* [Available data]

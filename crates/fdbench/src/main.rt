//! `fdbench`: compares failure detectors and consensus algorithms by simulating crash-prone processes.
//!
//! The program reads a scenario file, which says how many processes there are, what they run, how the links between
//! them delay and lose letters, and who crashes when. `fdbench check PATH` says whether the file is accepted.
//! `fdbench list PATH` runs it by one global event list and prints what `--print` names: a trace, with a line for each
//! event that a process takes; a report, with the verdicts on the detectors, the measures of each pair of processes and
//! what each process decided; or both.
//!
//! `fdbench run PATH --workers N --window N` prints the same, from a run by windows of N ticks that N worker threads
//! share. `fdbench compare PATH --workers N --window N` runs the file both ways, and says whether they wrote the
//! same.
//!
//! The crate `bench_commands` defines and proves what the program does for which arguments. The program hands it the
//! arguments, the standard streams and the files, and ends with the status that it answers.
//!
//! For example, `fdbench list - --print trace` on a file with two processes and a horizon of 1 tick prints the header
//! and two rows of kind `start`, and `fdbench compare - --workers 2 --window 1` on the same file prints `same`.
#![tactic(auto)]

use bench_commands::fault::Fault;
use bench_commands::serve;
use qos_report::StreamOutlet;
use shell::{NoWords, finish, lent, report, words_of};
use std::process::ExitCode;

fn main(rt: HostRuntime) -> ExitCode {
    let mut outlet = StreamOutlet::new(rt.stdout());
    let mut faults = StreamOutlet::new(rt.stderr());
    let status = match words_of(&rt) {
        Ok(words) => match lent(rt.alloc(), &words) {
            Ok(texts) => serve(
                &rt,
                rt.alloc(),
                &texts,
                &mut rt.stdin(),
                &mut outlet,
                &mut faults,
            ),
            Err(_) => report(&Fault::WordsMemory, &mut faults),
        },
        Err(NoWords::Memory) => report(&Fault::WordsMemory, &mut faults),
        Err(NoWords::NoText) => report(&Fault::Form, &mut faults),
    };
    finish::<Fault, _, _>(status, &mut outlet, &mut faults)
}
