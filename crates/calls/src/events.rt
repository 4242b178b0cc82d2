//! What a recorder keeps of a change.
ghost use Rattle.std.specs.Prelude.{◌≡◌};
ghost use Rattle.calls.specs.Perform.{erasing};

use model::ids::{BlockId, IRNode, OpId, RegionId, Value};
use model::points::OpInsertionPoint;

/// At most so many records are kept.
pub const MAX_RECORDS: usize = 1024;

#[derive(Clone, Copy, Debug, PartialEq, Eq)]
pub enum RecorderEvent {
    InsertedOperation(OpId),
    InsertedBlock(BlockId),
    // Stays: one variant for each kind of node, as pliron names them.
    ErasedOperation(OpId),
    ErasedBlock(BlockId),
    ErasedRegion(RegionId),
    /// The value that was used, the type that it had, and the value that is used in its place.
    ReplacedValueUses(Value, u32, Value),
    /// The value, the type that it had, and the one that it has.
    ValueTypeChanged(Value, u32, u32),
    /// The operation, and where it was.
    UnlinkedOperation(OpId, OpInsertionPoint),
}

impl RecorderEvent {
    /// The record of a node that is erased.
    pub fn erased(node: IRNode) -> RecorderEvent
        ensures { result ≡ erasing node }
    {
        match node {
            IRNode::Operation(op) => RecorderEvent::ErasedOperation(op),
            IRNode::BasicBlock(block) => RecorderEvent::ErasedBlock(block),
            IRNode::Region(region) => RecorderEvent::ErasedRegion(region),
        }
    }
}
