//! What the calls of a rewriter mean, one by one and in a list.

#![tactic(auto)]

pub mod events;

pub use events::RecorderEvent;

* [Your instructions]
Every entry, from first to last, is to be reproduced exactly.

* [Response to the task]
filename crates/fdbench/src/main.rt
//! `fdbench`: compares failure detectors and consensus algorithms by simulating crash-prone processes.
//!
//! The program reads a scenario file, which says how many processes there are, what they run, how the links between
//! them delay and lose letters, and who crashes when. `fdbench check PATH` says whether the file is accepted.
//! `fdbench list PATH` runs it by one global event list and prints what `--print` names: a trace, with a line for each
//! event that a process takes; a report, with the verdicts on the detectors, the measures of each pair of processes and
//! what each process decided; or both.
//!
//! `fdbench run PATH --workers N --window N` prints the same, from a run by windows of N ticks that N worker threads
//! share. `fdbench compare PATH --workers N --window N` runs the file both ways, and says whether they wrote the
//! same.
//!
//! The crate `bench_commands` defines and proves what the program does for which arguments. The program hands it the
//! arguments, the standard streams and the files, and ends with the status that it answers.
//!
//! For example, `fdbench list - --print trace` on a file with two processes and a horizon of 1 tick prints the header
//! and two rows of kind `start`, and `fdbench compare - --workers 2 --window 1` on the same file prints `same`.
#![tactic(auto)]

use bench_commands::fault::Fault;
use bench_commands::serve;
use qos_report::StreamOutlet;
use shell::{NoWords, finish, lent, report, words_of};
use std::process::ExitCode;

fn main(rt: HostRuntime) -> ExitCode {
    let mut outlet = StreamOutlet::new(rt.stdout());
    let mut faults = StreamOutlet::new(rt.stderr());
    let status = match words_of(&rt) {
        Ok(words) => match lent(rt.alloc(), &words) {
            Ok(texts) => serve(
                &rt,
                rt.alloc(),
                &texts,
                &mut rt.stdin(),
                &mut outlet,
                &mut faults,
            ),
            Err(_) => report(&Fault::WordsMemory, &mut faults),
        },
        Err(NoWords::Memory) => report(&Fault::WordsMemory, &mut faults),
        Err(NoWords::NoText) => report(&Fault::Form, &mut faults),
    };
    finish::<Fault, _, _>(status, &mut outlet, &mut faults)
}
filename crates/calls/src/events.rt
repository 4242b178b0cc82d2
//! What a recorder keeps of a change.
ghost use Rattle.std.specs.Prelude.{◌≡◌};
ghost use Rattle.calls.specs.Perform.{erasing};

use model::ids::{BlockId, IRNode, OpId, RegionId, Value};
use model::points::OpInsertionPoint;

/// At most so many records are kept.
pub const MAX_RECORDS: usize = 1024;

#[derive(Clone, Copy, Debug, PartialEq, Eq)]
pub enum RecorderEvent {
    InsertedOperation(OpId),
    InsertedBlock(BlockId),
    // Stays: one variant for each kind of node, as pliron names them.
    ErasedOperation(OpId),
    ErasedBlock(BlockId),
    ErasedRegion(RegionId),
    /// The value that was used, the type that it had, and the value that is used in its place.
    ReplacedValueUses(Value, u32, Value),
    /// The value, the type that it had, and the one that it has.
    ValueTypeChanged(Value, u32, u32),
    /// The operation, and where it was.
    UnlinkedOperation(OpId, OpInsertionPoint),
}

impl RecorderEvent {
    /// The record of a node that is erased.
    pub fn erased(node: IRNode) -> RecorderEvent
        ensures { result ≡ erasing node }
    {
        match node {
            IRNode::Operation(op) => RecorderEvent::ErasedOperation(op),
            IRNode::BasicBlock(block) => RecorderEvent::ErasedBlock(block),
            IRNode::Region(region) => RecorderEvent::ErasedRegion(region),
        }
    }
}
//! What the calls of a rewriter mean, one by one and in a list.

#![tactic(auto)]

pub mod events;

pub use events::RecorderEvent;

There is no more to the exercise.